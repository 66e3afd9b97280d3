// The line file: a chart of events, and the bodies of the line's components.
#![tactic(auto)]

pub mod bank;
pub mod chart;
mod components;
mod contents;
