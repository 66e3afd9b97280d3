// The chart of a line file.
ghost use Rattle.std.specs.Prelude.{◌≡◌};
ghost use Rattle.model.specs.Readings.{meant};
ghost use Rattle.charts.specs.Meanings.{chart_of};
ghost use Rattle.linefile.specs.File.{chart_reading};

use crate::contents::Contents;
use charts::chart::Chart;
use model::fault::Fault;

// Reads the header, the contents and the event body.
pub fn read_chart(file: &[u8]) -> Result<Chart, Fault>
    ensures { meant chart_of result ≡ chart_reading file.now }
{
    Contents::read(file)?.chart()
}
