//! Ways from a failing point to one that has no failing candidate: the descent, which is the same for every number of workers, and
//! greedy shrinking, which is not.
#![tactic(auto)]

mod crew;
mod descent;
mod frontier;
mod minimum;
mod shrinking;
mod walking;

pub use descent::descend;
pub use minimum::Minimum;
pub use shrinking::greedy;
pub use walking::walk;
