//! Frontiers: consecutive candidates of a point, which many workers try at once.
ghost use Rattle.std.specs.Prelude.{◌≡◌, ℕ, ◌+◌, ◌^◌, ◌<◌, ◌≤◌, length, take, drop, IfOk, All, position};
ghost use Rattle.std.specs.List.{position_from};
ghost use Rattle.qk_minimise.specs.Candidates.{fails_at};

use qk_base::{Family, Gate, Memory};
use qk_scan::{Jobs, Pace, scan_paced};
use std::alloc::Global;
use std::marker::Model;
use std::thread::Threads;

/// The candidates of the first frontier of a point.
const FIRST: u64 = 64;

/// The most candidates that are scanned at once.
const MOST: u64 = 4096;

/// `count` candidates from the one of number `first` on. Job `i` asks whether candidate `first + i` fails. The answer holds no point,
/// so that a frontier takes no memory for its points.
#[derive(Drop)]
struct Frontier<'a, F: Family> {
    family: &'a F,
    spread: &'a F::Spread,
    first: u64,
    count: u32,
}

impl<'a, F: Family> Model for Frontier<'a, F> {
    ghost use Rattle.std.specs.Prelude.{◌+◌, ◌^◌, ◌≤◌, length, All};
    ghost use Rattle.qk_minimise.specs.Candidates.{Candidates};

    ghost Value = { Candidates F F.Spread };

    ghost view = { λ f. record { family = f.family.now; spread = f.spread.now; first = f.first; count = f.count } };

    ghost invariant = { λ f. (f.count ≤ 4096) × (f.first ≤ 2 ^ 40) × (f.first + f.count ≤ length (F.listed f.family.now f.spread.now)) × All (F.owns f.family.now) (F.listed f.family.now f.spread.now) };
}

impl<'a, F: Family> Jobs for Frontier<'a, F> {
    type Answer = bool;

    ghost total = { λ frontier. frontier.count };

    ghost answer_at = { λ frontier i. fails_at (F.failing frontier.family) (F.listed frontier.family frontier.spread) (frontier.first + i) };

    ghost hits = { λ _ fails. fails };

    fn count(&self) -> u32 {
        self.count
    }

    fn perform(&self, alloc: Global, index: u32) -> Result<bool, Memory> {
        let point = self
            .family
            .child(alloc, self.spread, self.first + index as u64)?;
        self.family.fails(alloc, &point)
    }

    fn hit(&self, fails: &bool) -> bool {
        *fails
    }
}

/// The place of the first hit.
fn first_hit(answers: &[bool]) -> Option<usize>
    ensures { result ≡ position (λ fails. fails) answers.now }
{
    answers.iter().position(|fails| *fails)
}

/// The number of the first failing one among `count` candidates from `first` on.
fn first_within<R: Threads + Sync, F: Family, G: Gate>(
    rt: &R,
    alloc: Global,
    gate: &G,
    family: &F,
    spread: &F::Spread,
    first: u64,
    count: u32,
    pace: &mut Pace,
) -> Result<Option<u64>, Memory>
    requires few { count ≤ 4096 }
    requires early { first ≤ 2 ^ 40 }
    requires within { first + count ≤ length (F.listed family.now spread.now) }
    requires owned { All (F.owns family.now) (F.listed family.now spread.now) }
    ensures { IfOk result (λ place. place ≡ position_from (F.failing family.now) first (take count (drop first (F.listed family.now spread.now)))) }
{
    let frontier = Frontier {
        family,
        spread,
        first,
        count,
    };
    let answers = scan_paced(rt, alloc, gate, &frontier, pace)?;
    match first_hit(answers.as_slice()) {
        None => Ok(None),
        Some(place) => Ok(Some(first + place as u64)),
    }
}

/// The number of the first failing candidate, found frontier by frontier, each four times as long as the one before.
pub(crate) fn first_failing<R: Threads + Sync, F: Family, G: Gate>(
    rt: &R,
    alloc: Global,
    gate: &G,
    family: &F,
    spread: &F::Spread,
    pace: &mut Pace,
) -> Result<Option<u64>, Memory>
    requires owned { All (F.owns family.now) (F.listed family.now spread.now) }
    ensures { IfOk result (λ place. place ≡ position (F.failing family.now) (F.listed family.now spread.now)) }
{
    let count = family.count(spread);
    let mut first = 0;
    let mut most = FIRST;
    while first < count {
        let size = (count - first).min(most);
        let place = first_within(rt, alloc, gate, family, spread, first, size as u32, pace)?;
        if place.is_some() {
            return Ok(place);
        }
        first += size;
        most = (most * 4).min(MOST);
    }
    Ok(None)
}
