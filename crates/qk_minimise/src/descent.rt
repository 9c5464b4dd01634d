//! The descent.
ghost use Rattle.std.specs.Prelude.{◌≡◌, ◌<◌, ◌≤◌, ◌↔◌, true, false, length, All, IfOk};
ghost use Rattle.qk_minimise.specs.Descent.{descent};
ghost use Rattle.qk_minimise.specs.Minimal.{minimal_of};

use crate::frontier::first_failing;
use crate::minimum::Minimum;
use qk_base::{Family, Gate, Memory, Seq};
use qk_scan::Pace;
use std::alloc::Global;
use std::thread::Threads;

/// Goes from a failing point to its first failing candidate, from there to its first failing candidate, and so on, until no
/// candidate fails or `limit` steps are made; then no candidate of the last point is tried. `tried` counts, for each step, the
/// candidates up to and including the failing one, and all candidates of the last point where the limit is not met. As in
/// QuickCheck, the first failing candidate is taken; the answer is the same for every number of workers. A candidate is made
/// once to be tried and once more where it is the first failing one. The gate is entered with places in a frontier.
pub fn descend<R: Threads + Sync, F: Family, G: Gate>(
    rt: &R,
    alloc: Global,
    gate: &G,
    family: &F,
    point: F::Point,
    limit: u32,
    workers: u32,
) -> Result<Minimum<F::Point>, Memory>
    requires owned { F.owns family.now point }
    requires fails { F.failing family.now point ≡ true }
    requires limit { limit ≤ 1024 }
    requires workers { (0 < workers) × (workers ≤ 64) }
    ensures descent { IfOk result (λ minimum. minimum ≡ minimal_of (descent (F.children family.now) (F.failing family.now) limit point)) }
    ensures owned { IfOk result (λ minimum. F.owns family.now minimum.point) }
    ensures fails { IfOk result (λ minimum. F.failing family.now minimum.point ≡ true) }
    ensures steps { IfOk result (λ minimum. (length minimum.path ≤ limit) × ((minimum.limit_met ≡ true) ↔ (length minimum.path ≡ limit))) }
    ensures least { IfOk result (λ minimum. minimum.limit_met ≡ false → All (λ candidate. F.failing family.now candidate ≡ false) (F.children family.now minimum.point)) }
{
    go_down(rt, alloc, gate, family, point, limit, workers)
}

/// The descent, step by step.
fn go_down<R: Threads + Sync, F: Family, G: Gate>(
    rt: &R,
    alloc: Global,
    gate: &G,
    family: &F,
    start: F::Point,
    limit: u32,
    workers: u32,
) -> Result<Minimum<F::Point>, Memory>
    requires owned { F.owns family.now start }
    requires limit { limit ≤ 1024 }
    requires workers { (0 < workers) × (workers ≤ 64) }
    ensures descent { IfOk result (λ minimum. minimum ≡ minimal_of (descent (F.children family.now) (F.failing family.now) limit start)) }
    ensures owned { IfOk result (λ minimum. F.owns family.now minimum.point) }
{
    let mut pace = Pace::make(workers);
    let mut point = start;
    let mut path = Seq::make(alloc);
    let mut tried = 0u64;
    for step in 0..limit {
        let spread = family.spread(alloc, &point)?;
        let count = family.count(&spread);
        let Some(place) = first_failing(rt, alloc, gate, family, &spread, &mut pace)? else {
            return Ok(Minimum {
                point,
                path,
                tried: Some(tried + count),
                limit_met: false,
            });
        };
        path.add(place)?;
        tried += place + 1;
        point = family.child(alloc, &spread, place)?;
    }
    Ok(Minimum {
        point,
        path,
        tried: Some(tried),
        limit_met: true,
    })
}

_WHAT NEEDS TO BE DONE_. Reproduce the lines above, beginning at the line with "let answers = scan_paced(rt, alloc, gate, &frontier, pace)?;" and stopping after the line with "on, until no", exactly as they are.

_WRITTEN RESPONSE_.
    let answers = scan_paced(rt, alloc, gate, &frontier, pace)?;
    match first_hit(answers.as_slice()) {
        None => Ok(None),
        Some(place) => Ok(Some(first + place as u64)),
    }
}

/// The number of the first failing candidate, found frontier by frontier, each four times as long as the one before.
pub(crate) fn first_failing<R: Threads + Sync, F: Family, G: Gate>(
    rt: &R,
    alloc: Global,
    gate: &G,
    family: &F,
    spread: &F::Spread,
    pace: &mut Pace,
) -> Result<Option<u64>, Memory>
    requires owned { All (F.owns family.now) (F.listed family.now spread.now) }
    ensures { IfOk result (λ place. place ≡ position (F.failing family.now) (F.listed family.now spread.now)) }
{
    let count = family.count(spread);
    let mut first = 0;
    let mut most = FIRST;
    while first < count {
        let size = (count - first).min(most);
        let place = first_within(rt, alloc, gate, family, spread, first, size as u32, pace)?;
        if place.is_some() {
            return Ok(place);
        }
        first += size;
        most = (most * 4).min(MOST);
    }
    Ok(None)
}
filename crates/qk_minimise/src/descent.rt
repository 9c5464b4dd01634d
//! The descent.
ghost use Rattle.std.specs.Prelude.{◌≡◌, ◌<◌, ◌≤◌, ◌↔◌, true, false, length, All, IfOk};
ghost use Rattle.qk_minimise.specs.Descent.{descent};
ghost use Rattle.qk_minimise.specs.Minimal.{minimal_of};

use crate::frontier::first_failing;
use crate::minimum::Minimum;
use qk_base::{Family, Gate, Memory, Seq};
use qk_scan::Pace;
use std::alloc::Global;
use std::thread::Threads;

/// Goes from a failing point to its first failing candidate, from there to its first failing candidate, and so on, until no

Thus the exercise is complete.